**PROBLEM DETAILS**
Across the records below, report how many lines include the word "force", stating the number alone.

*** GIVEN ENTRIES Section Begins ***

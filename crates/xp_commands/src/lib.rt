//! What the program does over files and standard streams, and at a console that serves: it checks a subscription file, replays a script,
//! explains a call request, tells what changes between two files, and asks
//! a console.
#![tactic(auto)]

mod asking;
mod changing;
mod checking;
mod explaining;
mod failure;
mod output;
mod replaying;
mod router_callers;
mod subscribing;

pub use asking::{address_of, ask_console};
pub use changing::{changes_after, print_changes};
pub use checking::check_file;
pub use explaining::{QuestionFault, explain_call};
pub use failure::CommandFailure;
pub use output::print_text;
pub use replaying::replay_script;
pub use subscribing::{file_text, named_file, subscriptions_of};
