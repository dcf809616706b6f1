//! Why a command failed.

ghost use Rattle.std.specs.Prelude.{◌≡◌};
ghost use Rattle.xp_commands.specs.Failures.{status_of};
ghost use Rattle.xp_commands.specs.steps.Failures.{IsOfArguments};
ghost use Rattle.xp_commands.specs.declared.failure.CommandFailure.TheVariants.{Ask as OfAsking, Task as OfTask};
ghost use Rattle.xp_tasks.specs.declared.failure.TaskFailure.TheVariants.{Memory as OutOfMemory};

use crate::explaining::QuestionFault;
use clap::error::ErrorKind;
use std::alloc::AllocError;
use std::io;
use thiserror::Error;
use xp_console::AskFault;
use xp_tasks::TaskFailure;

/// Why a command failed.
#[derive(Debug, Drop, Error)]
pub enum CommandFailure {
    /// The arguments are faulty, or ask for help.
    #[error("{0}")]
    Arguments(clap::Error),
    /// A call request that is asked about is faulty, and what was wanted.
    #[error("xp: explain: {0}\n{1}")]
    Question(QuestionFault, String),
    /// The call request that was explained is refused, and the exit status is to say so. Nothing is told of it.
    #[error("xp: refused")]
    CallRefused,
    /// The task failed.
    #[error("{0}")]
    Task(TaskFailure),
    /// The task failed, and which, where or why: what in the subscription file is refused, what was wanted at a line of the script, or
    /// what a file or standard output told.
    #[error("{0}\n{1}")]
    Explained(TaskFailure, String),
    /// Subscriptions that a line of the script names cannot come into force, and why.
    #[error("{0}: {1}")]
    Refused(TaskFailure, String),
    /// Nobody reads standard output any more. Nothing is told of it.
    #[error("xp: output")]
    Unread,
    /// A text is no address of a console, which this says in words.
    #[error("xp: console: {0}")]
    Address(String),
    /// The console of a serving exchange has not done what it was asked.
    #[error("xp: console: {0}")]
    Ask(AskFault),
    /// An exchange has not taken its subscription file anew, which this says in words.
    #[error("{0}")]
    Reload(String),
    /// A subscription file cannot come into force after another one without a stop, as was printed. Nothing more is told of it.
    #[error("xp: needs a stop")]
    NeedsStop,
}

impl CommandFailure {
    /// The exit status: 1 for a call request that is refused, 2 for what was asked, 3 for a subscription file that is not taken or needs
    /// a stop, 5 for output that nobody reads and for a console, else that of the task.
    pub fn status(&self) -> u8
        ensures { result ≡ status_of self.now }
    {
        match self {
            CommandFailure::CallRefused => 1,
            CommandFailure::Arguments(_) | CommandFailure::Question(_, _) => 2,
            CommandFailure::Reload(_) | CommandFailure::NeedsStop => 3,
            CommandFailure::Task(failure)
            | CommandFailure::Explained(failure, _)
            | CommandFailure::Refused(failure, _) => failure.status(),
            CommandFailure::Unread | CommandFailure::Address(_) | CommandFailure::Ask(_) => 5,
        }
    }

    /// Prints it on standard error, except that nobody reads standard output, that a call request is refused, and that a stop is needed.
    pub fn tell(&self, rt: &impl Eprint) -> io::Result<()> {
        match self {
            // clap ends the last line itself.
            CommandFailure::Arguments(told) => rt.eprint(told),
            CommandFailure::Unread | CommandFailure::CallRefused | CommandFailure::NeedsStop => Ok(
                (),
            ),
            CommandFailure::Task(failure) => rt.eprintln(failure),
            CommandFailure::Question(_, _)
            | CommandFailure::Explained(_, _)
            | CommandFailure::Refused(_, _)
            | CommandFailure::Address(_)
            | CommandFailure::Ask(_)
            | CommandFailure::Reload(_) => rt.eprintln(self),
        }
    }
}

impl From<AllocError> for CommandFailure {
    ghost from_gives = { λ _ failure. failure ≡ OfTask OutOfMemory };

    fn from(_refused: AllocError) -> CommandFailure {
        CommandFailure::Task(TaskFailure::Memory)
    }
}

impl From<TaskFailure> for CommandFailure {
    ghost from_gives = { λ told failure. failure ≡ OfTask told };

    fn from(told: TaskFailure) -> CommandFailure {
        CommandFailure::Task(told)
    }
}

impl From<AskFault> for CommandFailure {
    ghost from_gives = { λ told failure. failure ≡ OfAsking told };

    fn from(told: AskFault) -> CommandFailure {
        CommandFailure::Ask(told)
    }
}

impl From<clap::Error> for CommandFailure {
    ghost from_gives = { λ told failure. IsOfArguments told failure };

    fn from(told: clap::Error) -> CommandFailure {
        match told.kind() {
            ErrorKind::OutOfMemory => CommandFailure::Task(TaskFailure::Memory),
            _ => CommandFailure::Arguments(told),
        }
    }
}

*** GIVEN ENTRIES Section Ends ***
*** GIVEN ENTRIES Section Begins ***

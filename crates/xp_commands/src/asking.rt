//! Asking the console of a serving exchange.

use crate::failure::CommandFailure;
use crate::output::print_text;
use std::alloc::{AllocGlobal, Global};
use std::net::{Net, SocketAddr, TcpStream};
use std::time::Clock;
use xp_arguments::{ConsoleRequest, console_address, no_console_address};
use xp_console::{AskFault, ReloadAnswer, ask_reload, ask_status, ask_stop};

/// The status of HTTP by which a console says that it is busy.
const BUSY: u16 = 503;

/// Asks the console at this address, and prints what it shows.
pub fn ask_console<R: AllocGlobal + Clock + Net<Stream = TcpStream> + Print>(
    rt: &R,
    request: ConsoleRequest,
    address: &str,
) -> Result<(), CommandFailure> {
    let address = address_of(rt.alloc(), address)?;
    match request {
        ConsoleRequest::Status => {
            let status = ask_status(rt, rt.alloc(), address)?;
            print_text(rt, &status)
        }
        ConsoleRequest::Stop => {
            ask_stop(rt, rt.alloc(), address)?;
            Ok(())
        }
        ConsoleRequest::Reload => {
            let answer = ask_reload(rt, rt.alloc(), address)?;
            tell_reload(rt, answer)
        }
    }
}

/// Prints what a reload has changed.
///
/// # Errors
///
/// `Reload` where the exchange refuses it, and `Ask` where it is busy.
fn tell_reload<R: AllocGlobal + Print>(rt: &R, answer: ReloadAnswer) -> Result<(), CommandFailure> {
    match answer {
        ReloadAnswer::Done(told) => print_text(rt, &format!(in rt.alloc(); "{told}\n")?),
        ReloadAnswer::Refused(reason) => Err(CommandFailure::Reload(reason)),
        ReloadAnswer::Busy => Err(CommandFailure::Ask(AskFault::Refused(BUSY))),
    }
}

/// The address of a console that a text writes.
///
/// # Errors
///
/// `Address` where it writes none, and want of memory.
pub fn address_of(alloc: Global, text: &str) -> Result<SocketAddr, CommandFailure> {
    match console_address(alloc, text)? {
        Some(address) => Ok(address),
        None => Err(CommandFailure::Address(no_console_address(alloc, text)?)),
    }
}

*** GIVEN ENTRIES Section Ends ***
*** GIVEN ENTRIES Section Begins ***

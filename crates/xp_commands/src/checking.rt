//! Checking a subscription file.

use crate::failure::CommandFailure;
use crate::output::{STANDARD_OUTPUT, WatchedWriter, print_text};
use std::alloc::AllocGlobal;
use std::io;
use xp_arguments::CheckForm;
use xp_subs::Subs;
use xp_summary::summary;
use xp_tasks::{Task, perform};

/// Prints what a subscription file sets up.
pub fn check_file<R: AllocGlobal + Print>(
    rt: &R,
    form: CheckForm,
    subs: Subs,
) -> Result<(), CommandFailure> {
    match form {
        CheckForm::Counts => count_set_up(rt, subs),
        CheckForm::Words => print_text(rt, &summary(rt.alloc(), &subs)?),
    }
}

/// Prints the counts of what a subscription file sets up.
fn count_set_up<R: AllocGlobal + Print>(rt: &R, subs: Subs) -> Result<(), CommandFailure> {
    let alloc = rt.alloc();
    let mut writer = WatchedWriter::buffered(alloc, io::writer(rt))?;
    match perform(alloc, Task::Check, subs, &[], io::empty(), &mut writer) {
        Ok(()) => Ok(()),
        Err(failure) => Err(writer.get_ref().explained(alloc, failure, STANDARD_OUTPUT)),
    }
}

*** GIVEN ENTRIES Section Ends ***

**OUTPUT**
2